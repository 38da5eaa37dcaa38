//! What steps of a core that are made elsewhere need of the machine, and how they are applied to it.

ghost use Rattle.std.specs.Prelude.{◌≡◌, ◌<◌, List, length};
ghost use Rattle.sb_memory.specs.Frames.{frame_bytes};
ghost use Rattle.sb_memory.specs.Physical.{HasAllFrames, IsPhysical, IsWordPlace, frame_count};
ghost use Rattle.sb_memory.specs.Words.{word_at};
ghost use Rattle.sb_memory.specs.declared.page.TheConstants.{PAGE_SIZE};
ghost use Rattle.sb_trace.specs.State.{State};
ghost use Rattle.sb_trace.specs.declared.event.Event.{Event};
ghost use Rattle.sb_machine.specs.Counts.{made_by};
ghost use Rattle.sb_machine.specs.Machine.{Machine, state_at};
ghost use Rattle.sb_machine.specs.OwnSteps.{AreSteps, HasWalks};
ghost use Rattle.sb_machine.specs.StandsFor.{IsMachineOf};
ghost use Rattle.sb_machine.specs.Translations.{SameTranslations};

use crate::apply::apply;
use crate::frame::frame_bytes;
use crate::laws::own_steps_are_plain;
use crate::machine::Machine;
use crate::place::Seens;
use crate::processor::CoreState;
use sb_memory::{Frame, Phys, PhysAddr};

impl Machine {
    /// The state of a core, with how many lines it has made.
    pub fn core_state(&self, core: u8) -> CoreState
        requires { core < length self.now.cores }
        ensures state { result ≡ state_at self.now core }
        ensures walks { HasWalks (frame_count self.now.memory) result }
    {
        self.parts.core(core).state
    }

    /// The number of frames, of which none is missing.
    pub fn frames(&self) -> u32
        ensures count { result ≡ frame_count self.now.memory }
        ensures sound { IsPhysical self.now.memory }
        ensures all { HasAllFrames self.now.memory }
    {
        self.parts.memory.frames()
    }

    /// The 4,096 bytes of a frame.
    pub fn frame_bytes(&self, frame: Frame) -> &[u8]
        requires { frame.0 < frame_count self.now.memory }
        ensures bytes { result.now ≡ frame_bytes self.now.memory frame.0 }
        ensures size { length result.now ≡ PAGE_SIZE }
    {
        frame_bytes(&self.parts.memory, frame)
    }

    /// The word at a physical address.
    pub fn word(&self, at: PhysAddr) -> u64
        requires { IsWordPlace self.now.memory at.0 }
        ensures { result ≡ word_at self.now.memory.bytes at.0 }
    {
        self.parts.memory.word(at)
    }

    /// Leaves the machine as it is behind steps of a core that it makes by itself, of which the state of the core and the words
    /// of memory behind them are given. It takes no memory.
    ///
    /// Only where no flight begins in those steps that is not decided at their end: of such a flight the machine keeps more than
    /// the state of the core says. It counts the lines of those steps, and leaves each translation as it was.
    pub fn apply(&mut self, core: u8, after: &CoreState, writes: &Seens)
        requires there { core < length self.old.cores }
        requires made { (events : List Event) × (new : Machine) × AreSteps self.old core events after.now writes.now new }
        ensures applied { (events : List Event) (new : Machine) → AreSteps self.old core events after.now writes.now new
            → self.new ≡ new }
        ensures stands { (state : State) × IsMachineOf self.new state }
        ensures translations { SameTranslations self.old self.new }
        ensures counts { made_by self.new core ≡ after.now.made }
        ensures frames { frame_count self.new.memory ≡ frame_count self.old.memory }
        ensures cores { length self.new.cores ≡ length self.old.cores }
    {
        own_steps_are_plain();
        apply(&mut self.parts, core, after, writes);
    }
}
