//! The phase of a landing at which a core stands.

ghost use Rattle.std.specs.Prelude.{◌≡◌, Some};
ghost use Rattle.sb_machine.specs.Phase.{phase_at, phase_behind};

use sb_abi::{
    ADD_OFFSET, BRANCH_ON_EXCHANGE, BRANCH_ON_KEY, BRANCH_ON_POOL, CLEAR_INDEX, CLEAR_MASK,
    CLEAR_OFFSET, COMPARE_KEY, DROP_BIT, ENTER, EXCHANGE_POOL, FIND_STACK, GO_HOME, HOME_INDEX,
    HOME_LEAF, JUMP_BACK, LEAVE, LESS_ONE, LOAD_BASE, LOAD_POOL, SKIP, STACK_OFFSET,
    STATUS_POOL_EMPTY, STATUS_WRONG_KEY, TEST_MASK,
};

/// The phase whose instruction stands at an address.
#[tactic(auto, unfolding(crate::specs::Phase::phase_at))]
pub fn phase_at(rip: u64) -> Option<u8>
    ensures { result ≡ phase_at rip }
{
    match rip {
        0x7000_0043 => Some(COMPARE_KEY),
        0x7000_004B => Some(BRANCH_ON_KEY),
        0x7000_004D => Some(LOAD_POOL),
        0x7000_0055 => Some(TEST_MASK),
        0x7000_0058 => Some(BRANCH_ON_POOL),
        0x7000_005A => Some(LESS_ONE),
        0x7000_005E => Some(DROP_BIT),
        0x7000_0061 => Some(FIND_STACK),
        0x7000_0065 => Some(EXCHANGE_POOL),
        0x7000_006F => Some(BRANCH_ON_EXCHANGE),
        0x7000_0071 => Some(STACK_OFFSET),
        0x7000_0075 => Some(LOAD_BASE),
        0x7000_007D => Some(ADD_OFFSET),
        0x7000_0080 => Some(CLEAR_OFFSET),
        0x7000_0083 => Some(CLEAR_INDEX),
        0x7000_0085 => Some(CLEAR_MASK),
        0x7000_0087 => Some(ENTER),
        0x7000_008E => Some(STATUS_WRONG_KEY),
        0x7000_0094 => Some(SKIP),
        0x7000_0096 => Some(STATUS_POOL_EMPTY),
        0x7000_009C => Some(LEAVE),
        0x7000_009F => Some(HOME_INDEX),
        0x7000_00A1 => Some(HOME_LEAF),
        0x7000_00A3 => Some(JUMP_BACK),
        0x7000_0040 => Some(GO_HOME),
        _ => None,
    }
}

/// The phase behind an instruction, which left this RIP, of a thread that was to do a phase, or was in no flight.
pub fn phase_behind(phase: Option<u8>, rip: u64) -> Option<u8>
    ensures { result ≡ phase_behind phase rip }
{
    match phase {
        None | Some(ENTER) => None,
        Some(_) => phase_at(rip),
    }
}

-=-=-

Aim of the exercise: Faithfully reproduce all of the records, character for character.

Completed task:
repository 38da5eaa37dcaa38
//! What steps of a core that are made elsewhere need of the machine, and how they are applied to it.

ghost use Rattle.std.specs.Prelude.{◌≡◌, ◌<◌, List, length};
ghost use Rattle.sb_memory.specs.Frames.{frame_bytes};
ghost use Rattle.sb_memory.specs.Physical.{HasAllFrames, IsPhysical, IsWordPlace, frame_count};
ghost use Rattle.sb_memory.specs.Words.{word_at};
ghost use Rattle.sb_memory.specs.declared.page.TheConstants.{PAGE_SIZE};
ghost use Rattle.sb_trace.specs.State.{State};
ghost use Rattle.sb_trace.specs.declared.event.Event.{Event};
ghost use Rattle.sb_machine.specs.Counts.{made_by};
ghost use Rattle.sb_machine.specs.Machine.{Machine, state_at};
ghost use Rattle.sb_machine.specs.OwnSteps.{AreSteps, HasWalks};
ghost use Rattle.sb_machine.specs.StandsFor.{IsMachineOf};
ghost use Rattle.sb_machine.specs.Translations.{SameTranslations};

use crate::apply::apply;
use crate::frame::frame_bytes;
use crate::laws::own_steps_are_plain;
use crate::machine::Machine;
use crate::place::Seens;
use crate::processor::CoreState;
use sb_memory::{Frame, Phys, PhysAddr};

impl Machine {
    /// The state of a core, with how many lines it has made.
    pub fn core_state(&self, core: u8) -> CoreState
        requires { core < length self.now.cores }
        ensures state { result ≡ state_at self.now core }
        ensures walks { HasWalks (frame_count self.now.memory) result }
    {
        self.parts.core(core).state
    }

    /// The number of frames, of which none is missing.
    pub fn frames(&self) -> u32
        ensures count { result ≡ frame_count self.now.memory }
        ensures sound { IsPhysical self.now.memory }
        ensures all { HasAllFrames self.now.memory }
    {
        self.parts.memory.frames()
    }

    /// The 4,096 bytes of a frame.
    pub fn frame_bytes(&self, frame: Frame) -> &[u8]
        requires { frame.0 < frame_count self.now.memory }
        ensures bytes { result.now ≡ frame_bytes self.now.memory frame.0 }
        ensures size { length result.now ≡ PAGE_SIZE }
    {
        frame_bytes(&self.parts.memory, frame)
    }

    /// The word at a physical address.
    pub fn word(&self, at: PhysAddr) -> u64
        requires { IsWordPlace self.now.memory at.0 }
        ensures { result ≡ word_at self.now.memory.bytes at.0 }
    {
        self.parts.memory.word(at)
    }

    /// Leaves the machine as it is behind steps of a core that it makes by itself, of which the state of the core and the words
    /// of memory behind them are given. It takes no memory.
    ///
    /// Only where no flight begins in those steps that is not decided at their end: of such a flight the machine keeps more than
    /// the state of the core says. It counts the lines of those steps, and leaves each translation as it was.
    pub fn apply(&mut self, core: u8, after: &CoreState, writes: &Seens)
        requires there { core < length self.old.cores }
        requires made { (events : List Event) × (new : Machine) × AreSteps self.old core events after.now writes.now new }
        ensures applied { (events : List Event) (new : Machine) → AreSteps self.old core events after.now writes.now new
            → self.new ≡ new }
        ensures stands { (state : State) × IsMachineOf self.new state }
        ensures translations { SameTranslations self.old self.new }
        ensures counts { made_by self.new core ≡ after.now.made }
        ensures frames { frame_count self.new.memory ≡ frame_count self.old.memory }
        ensures cores { length self.new.cores ≡ length self.old.cores }
    {
        own_steps_are_plain();
        apply(&mut self.parts, core, after, writes);
    }
}
//! The phase of a landing at which a core stands.

ghost use Rattle.std.specs.Prelude.{◌≡◌, Some};
ghost use Rattle.sb_machine.specs.Phase.{phase_at, phase_behind};

use sb_abi::{
    ADD_OFFSET, BRANCH_ON_EXCHANGE, BRANCH_ON_KEY, BRANCH_ON_POOL, CLEAR_INDEX, CLEAR_MASK,
    CLEAR_OFFSET, COMPARE_KEY, DROP_BIT, ENTER, EXCHANGE_POOL, FIND_STACK, GO_HOME, HOME_INDEX,
    HOME_LEAF, JUMP_BACK, LEAVE, LESS_ONE, LOAD_BASE, LOAD_POOL, SKIP, STACK_OFFSET,
    STATUS_POOL_EMPTY, STATUS_WRONG_KEY, TEST_MASK,
};

/// The phase whose instruction stands at an address.
#[tactic(auto, unfolding(crate::specs::Phase::phase_at))]
pub fn phase_at(rip: u64) -> Option<u8>
    ensures { result ≡ phase_at rip }
{
    match rip {
        0x7000_0043 => Some(COMPARE_KEY),
        0x7000_004B => Some(BRANCH_ON_KEY),
        0x7000_004D => Some(LOAD_POOL),
        0x7000_0055 => Some(TEST_MASK),
        0x7000_0058 => Some(BRANCH_ON_POOL),
        0x7000_005A => Some(LESS_ONE),
        0x7000_005E => Some(DROP_BIT),
        0x7000_0061 => Some(FIND_STACK),
        0x7000_0065 => Some(EXCHANGE_POOL),
        0x7000_006F => Some(BRANCH_ON_EXCHANGE),
        0x7000_0071 => Some(STACK_OFFSET),
        0x7000_0075 => Some(LOAD_BASE),
        0x7000_007D => Some(ADD_OFFSET),
        0x7000_0080 => Some(CLEAR_OFFSET),
        0x7000_0083 => Some(CLEAR_INDEX),
        0x7000_0085 => Some(CLEAR_MASK),
        0x7000_0087 => Some(ENTER),
        0x7000_008E => Some(STATUS_WRONG_KEY),
        0x7000_0094 => Some(SKIP),
        0x7000_0096 => Some(STATUS_POOL_EMPTY),
        0x7000_009C => Some(LEAVE),
        0x7000_009F => Some(HOME_INDEX),
        0x7000_00A1 => Some(HOME_LEAF),
        0x7000_00A3 => Some(JUMP_BACK),
        0x7000_0040 => Some(GO_HOME),
        _ => None,
    }
}

/// The phase behind an instruction, which left this RIP, of a thread that was to do a phase, or was in no flight.
pub fn phase_behind(phase: Option<u8>, rip: u64) -> Option<u8>
    ensures { result ≡ phase_behind phase rip }
{
    match phase {
        None | Some(ENTER) => None,
        Some(_) => phase_at(rip),
    }
}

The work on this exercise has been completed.